Volume (V)

The volume of a gas is defined as the size of the container in which the gas is found. This is very different from the volume of liquids and solids. If a small amount of water is placed into a 2-liter soda bottle, the water will collect at the bottom of the bottle and have the same volume it did before it was poured into the bottle. However, if a small amount of helium is added to the bottle, the volume of the helium will be 2 liters.

Essentially the volume of a gas is the volume of space in which you might find a particle of the gas at any particular moment. As an extreme example, imagine putting only one atom of helium into the bottle. The atom of helium would bounce around the bottle, so that there is not place in the bottle, where the atom could never be. Therefore the volume of the helium is the entire container.

NOTE: the volume of the helium ATOM is still insanely small – it is, after all, a tiny particle. The volume of the helium GAS is 2 liters.

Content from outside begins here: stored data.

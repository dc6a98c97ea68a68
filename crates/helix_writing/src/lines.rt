//! The lines of a data file, in either format.

ghost use Rattle.std.specs.Prelude.{◌≡◌, ◌≤◌, [], length, IsSome, OnOk, OnErr};
ghost use Rattle.helix_output.specs.Fitting.{FitsFields};
ghost use Rattle.helix_output.specs.Line.{AgreesOn};
ghost use Rattle.helix_output.specs.declared.format.Format.TheVariants.{Csv, Json};
ghost use Rattle.helix_writing.specs.Inner.Lines.{line_in};
ghost use Rattle.helix_writing.specs.Inner.Sending.{HasSent, StopsSending};
ghost use Rattle.helix_writing.specs.Inner.Texts.{closing, opening};

use crate::data_file::WriteFault;
use helix_base::Memory;
use helix_output::{Block, Format, LineBuf, csv_head, csv_next, json_close, json_open, json_row};
use helix_outside::{Disk, Failed};
use helix_values::RowBuf;

/// Makes the line what opens the file. It takes no memory.
pub fn make_opening(line: &mut LineBuf, format: Format)
    ensures bytes { line.new.bytes ≡ opening format line.old.fields }
    ensures fields { line.new.fields ≡ line.old.fields }
{
    match format {
        Format::Csv => csv_head(line),
        Format::Json => json_open(line),
    }
}

/// Makes the line that of a row, where a line of CSV agrees with it on the first cells, `kept` of them. Only a line of
/// JSON takes memory.
pub fn make_row(
    line: &mut LineBuf,
    format: Format,
    row: &RowBuf,
    first: bool,
    kept: usize,
) -> Result<(), Memory>
    requires fits { FitsFields line.old.fields row.now }
    requires within { kept ≤ length row.now }
    requires agrees { format ≡ Csv → AgreesOn kept line.old row.now }
    ensures ok { OnOk result (line.new ≡ line_in format first line.old.fields row.now) }
    ensures err { OnErr result (format ≡ Json) }
    ensures fields { line.new.fields ≡ line.old.fields }
{
    match format {
        Format::Csv => {
            csv_next(line, row, kept);
            Ok(())
        }
        Format::Json => json_row(line, row, first),
    }
}

/// Puts what closes the file, and then what is owed. It takes no memory.
pub fn put_closing<D: Disk>(
    disk: &mut D,
    format: Format,
    line: &mut LineBuf,
    block: &mut Block,
) -> Result<(), Failed>
    requires open { IsSome (D.state disk.old).output }
    ensures ok { OnOk result (HasSent (D.state disk.old) block.old (closing format) [] (D.state disk.new)) }
    ensures err { OnErr result (StopsSending (D.state disk.old) block.old (closing format) WriteFault.Failed
        (D.state disk.new)) }
{
    match format {
        Format::Csv => block.flush(disk),
        Format::Json => {
            json_close(line);
            block.add(disk, line.bytes())?;
            block.flush(disk)
        }
    }
}
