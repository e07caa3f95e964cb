// Document 02, W13, "Carry replies over CAN": the types of a sender and a receiver of ISO 15765-2, and what both ask of
// a message and of a frame. What the calls do is defined in specs/.
#![tactic(auto)]

ghost use Rattle.std.specs.Prelude.{◌≡◌};
ghost use Rattle.transport.specs.Frames.{has};

// "8-byte frames, normal addressing": a frame's bytes. Its identifier is the driver's.
#[derive(Clone, Copy, PartialEq, Eq)]
pub struct CanFrame {
    pub bytes: [u8; 8],
}

// "All these are new number 13": a message, flow control or a frame is refused.
#[derive(Clone, Copy, PartialEq, Eq)]
pub struct Refused;

// What a receiver's flow control says: block size, separation time.
#[derive(Clone, Copy)]
pub struct FlowControl {
    pub block: u8,
    pub separation: u8,
}

// Where a sender stands: nothing is under way; flow control is due before the consecutive frame of this number; that
// frame is due, and so many are left of the block (0: no limit).
#[derive(Clone, Copy)]
pub enum Sender {
    Idle,
    Waiting(usize),
    Running(usize, u8),
}

// Where a receiver stands: nothing is under way; of a message of this length the consecutive frame of this number is
// due, and so many are left of the block (0: no limit).
#[derive(Clone, Copy)]
pub enum Receiver {
    Idle,
    Collecting(usize, usize, u8),
}

// What flow control tells the driver: to go on, with this separation time; to wait; that the message is given up.
#[derive(Clone, Copy, PartialEq, Eq)]
pub enum FlowAnswer {
    Go(u8),
    Wait,
    Aborted,
}

// What a received frame asks of the driver: nothing yet; to send this flow control; to fetch the message of this length
// from the room.
#[derive(Clone, Copy)]
pub enum TakeAnswer {
    Going,
    Control(CanFrame),
    Complete(usize),
}

// How far an exchange is: this frame is on the line; a message of this length stands in the room; or it failed.
#[derive(Clone, Copy)]
pub enum Stage {
    Coming(CanFrame),
    Arrived(usize),
    Failed,
}

// A sender and a receiver that are joined by a line.
#[derive(Clone, Copy)]
pub struct Line {
    pub sender: Sender,
    pub receiver: Receiver,
    pub stage: Stage,
}

// "A sender refuses messages outside 1 to 4,095 bytes."
pub const LONGEST: usize = 4095;

// A message of this length has a consecutive frame of this number.
pub fn has(size: usize, k: usize) -> bool
    ensures { result ≡ has size k }
{
    (8 <= size) & (size <= LONGEST) & (1 <= k) & (k <= size / 7)
}
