static ILLEGAL: [(&str, Story, Change); 72] = [
    ("accept: the queue isn't started", Story::Plain, Drop(1)),
    ("accept: nothing was offered", Story::Plain, Drop(0)),
    (
        "accept: not the next number",
        Story::Plain,
        Put(2, Accept(0, 1)),
    ),
    ("accept: twice", Story::Plain, Double(2)),
    (
        "accept: another queue's",
        Story::Plain,
        Put(2, Accept(1, 0)),
    ),
    ("accept: after a kill", Story::Plain, Before(7, &[Kill])),
    (
        "look: another value",
        Story::Plain,
        Put(8, Look(0, 1, 0, 0xbb)),
    ),
    (
        "look: another sector",
        Story::Plain,
        Put(8, Look(0, 1, 1, 0)),
    ),
    ("look: no sector is left", Story::Plain, Double(8)),
    ("look: not accepted yet", Story::Plain, Swap(7)),
    (
        "look: published already",
        Story::Plain,
        Before(10, &[Kill, Start(0, &[]), Look(0, 1, 0, 0xaa)]),
    ),
    ("look: of a write", Story::Plain, Put(3, Look(0, 0, 0, 0))),
    (
        "look: a refused read",
        Story::FixedAnswers,
        Before(3, &[Look(0, 0, 7, 0)]),
    ),
    ("look: not the next sector", Story::Anew, Swap(13)),
    (
        "look: not what the power stop left",
        Story::Anew,
        Put(13, Look(0, 0, 1, 0xaa)),
    ),
    (
        "act: another value",
        Story::Plain,
        Put(3, Act(0, 0, 0, 0xbb)),
    ),
    (
        "act: another sector",
        Story::Plain,
        Put(3, Act(0, 0, 1, 0xaa)),
    ),
    ("act: no sector is left", Story::Plain, Double(3)),
    ("act: not accepted yet", Story::Plain, Swap(2)),
    (
        "act: another request's number",
        Story::ActsLate,
        Put(5, Act(0, 1, 0, 0xaa)),
    ),
    ("act: not in order", Story::Discarded, Swap(12)),
    ("act: after a fault", Story::FailingWrite, Swap(3)),
    (
        "act: on a read-only device",
        Story::ReadOnly,
        Before(3, &[Act(0, 0, 0, 0xaa)]),
    ),
    (
        "act: a discard writes zeros",
        Story::Discarded,
        Put(8, Act(0, 1, 0, 0xaa)),
    ),
    ("act: of a read", Story::Plain, Put(8, Act(0, 1, 0, 0))),
    (
        "sync: twice in a life",
        Story::KillAfterPublication,
        Double(5),
    ),
    (
        "sync: not accepted yet",
        Story::KillAfterPublication,
        Before(3, &[Sync(0, 0)]),
    ),
    (
        "sync: a cached write",
        Story::Plain,
        Before(4, &[Sync(0, 0)]),
    ),
    (
        "sync: a write that isn't written",
        Story::WriteThrough,
        Swap(3),
    ),
    (
        "sync: a refused flush",
        Story::FlushThrough,
        Before(3, &[Sync(0, 0)]),
    ),
    (
        "sync: after a fault",
        Story::FailingWrite,
        Before(9, &[Fault(0, 1)]),
    ),
    ("sync: before a start", Story::Resubmitted, Swap(8)),
    ("fault: twice in a life", Story::FailingWrite, Double(4)),
    (
        "fault: a name needs no disk",
        Story::Named,
        Before(3, &[Fault(0, 0)]),
    ),
    (
        "fault: a refused read",
        Story::FixedAnswers,
        Before(3, &[Fault(0, 0)]),
    ),
    (
        "fault: published already",
        Story::FailingWrite,
        Before(6, &[Fault(0, 0)]),
    ),
    (
        "fault: another queue's",
        Story::FailingWrite,
        Put(4, Fault(1, 0)),
    ),
    ("publish: nothing", Story::Plain, Put(4, Publish(0, &[]))),
    ("publish: twice", Story::Plain, Double(4)),
    (
        "publish: a number twice at once",
        Story::Plain,
        Put(4, Publish(0, &[(0, 0, Nothing), (0, 0, Nothing)])),
    ),
    (
        "publish: a number that isn't open",
        Story::Plain,
        Put(4, Publish(0, &[(1, 0, Nothing)])),
    ),
    (
        "publish: a number beside one that isn't open",
        Story::Plain,
        Put(4, Publish(0, &[(0, 0, Nothing), (1, 0, Nothing)])),
    ),
    ("publish: after a kill", Story::Plain, Before(4, &[Kill])),
    ("publish: OK without an act", Story::Plain, Drop(3)),
    (
        "publish: OK by an act of an earlier life",
        Story::ActsLate,
        Drop(10),
    ),
    (
        "publish: OK by a sync of an earlier life",
        Story::Resubmitted,
        Drop(10),
    ),
    (
        "publish: OK without a sync",
        Story::KillAfterPublication,
        Drop(5),
    ),
    ("publish: OK without a look", Story::Plain, Drop(8)),
    (
        "publish: OK without the last act",
        Story::Discarded,
        Drop(13),
    ),
    (
        "publish: OK after a fault",
        Story::FailingWrite,
        Put(5, Publish(0, &[(0, 0, Nothing)])),
    ),
    (
        "publish: OK of a write through without a sync",
        Story::WriteThrough,
        Drop(4),
    ),
    (
        "publish: OK to a refused read",
        Story::FixedAnswers,
        Put(3, Publish(0, &[(0, 0, Nothing)])),
    ),
    (
        "publish: OK to a refused flush",
        Story::FlushThrough,
        Put(3, Publish(0, &[(0, 0, Nothing)])),
    ),
    (
        "publish: OK with bytes",
        Story::Plain,
        Put(4, Publish(0, &[(0, 0, Sector(0xaa))])),
    ),
    (
        "publish: other bytes than were read",
        Story::Plain,
        Put(9, Publish(0, &[(1, 0, Sector(0xbb))])),
    ),
    (
        "publish: no bytes of a read",
        Story::Plain,
        Put(9, Publish(0, &[(1, 0, Nothing)])),
    ),
    (
        "publish: no name",
        Story::Named,
        Put(3, Publish(0, &[(0, 0, Nothing)])),
    ),
    (
        "publish: 1 without a fault",
        Story::Plain,
        Put(4, Publish(0, &[(0, 1, Nothing)])),
    ),
    (
        "publish: 1 by a fault of an earlier life",
        Story::FailingWrite,
        Before(5, &[Kill, Start(0, &[0])]),
    ),
    (
        "publish: 1 with bytes",
        Story::FailingWrite,
        Put(5, Publish(0, &[(0, 1, Sector(0x11))])),
    ),
    (
        "publish: 1 where the answer is 2",
        Story::FixedAnswers,
        Put(7, Publish(0, &[(1, 1, Nothing)])),
    ),
    (
        "publish: 2 where the answer is 1",
        Story::FixedAnswers,
        Put(3, Publish(0, &[(0, 2, Nothing)])),
    ),
    (
        "publish: 2 with bytes",
        Story::FixedAnswers,
        Put(7, Publish(0, &[(1, 2, Sector(0))])),
    ),
    (
        "publish: an unknown status",
        Story::Plain,
        Put(4, Publish(0, &[(0, 3, Nothing)])),
    ),
    ("start: twice in a life", Story::Plain, Double(1)),
    (
        "start: open numbers are left out",
        Story::Resubmitted,
        Put(8, Start(0, &[1])),
    ),
    (
        "start: not rising",
        Story::Resubmitted,
        Put(8, Start(0, &[1, 0])),
    ),
    (
        "start: a published number",
        Story::KillAfterPublication,
        Put(9, Start(0, &[0])),
    ),
    (
        "start: a number that isn't accepted",
        Story::Plain,
        Put(1, Start(0, &[0])),
    ),
    ("collect: not published yet", Story::Plain, Swap(4)),
    ("collect: not in order", Story::Resubmitted, Swap(14)),
    ("collect: twice", Story::Plain, Double(5)),
];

Even more disturbing, if a two liter bottle contains only nitrogen, the volume of the nitrogen is 2 liters. If oxygen is then added to the bottle (without removing the nitrogen) the volume of the nitrogen is STILL 2 liters. The volume of the oxygen is also 2 liters and the volume of the mixture of the two gases together is 2 liters.

The volume of a gas could be measured in any unit ranging from gallons to teaspoons but generally we record volume in liters.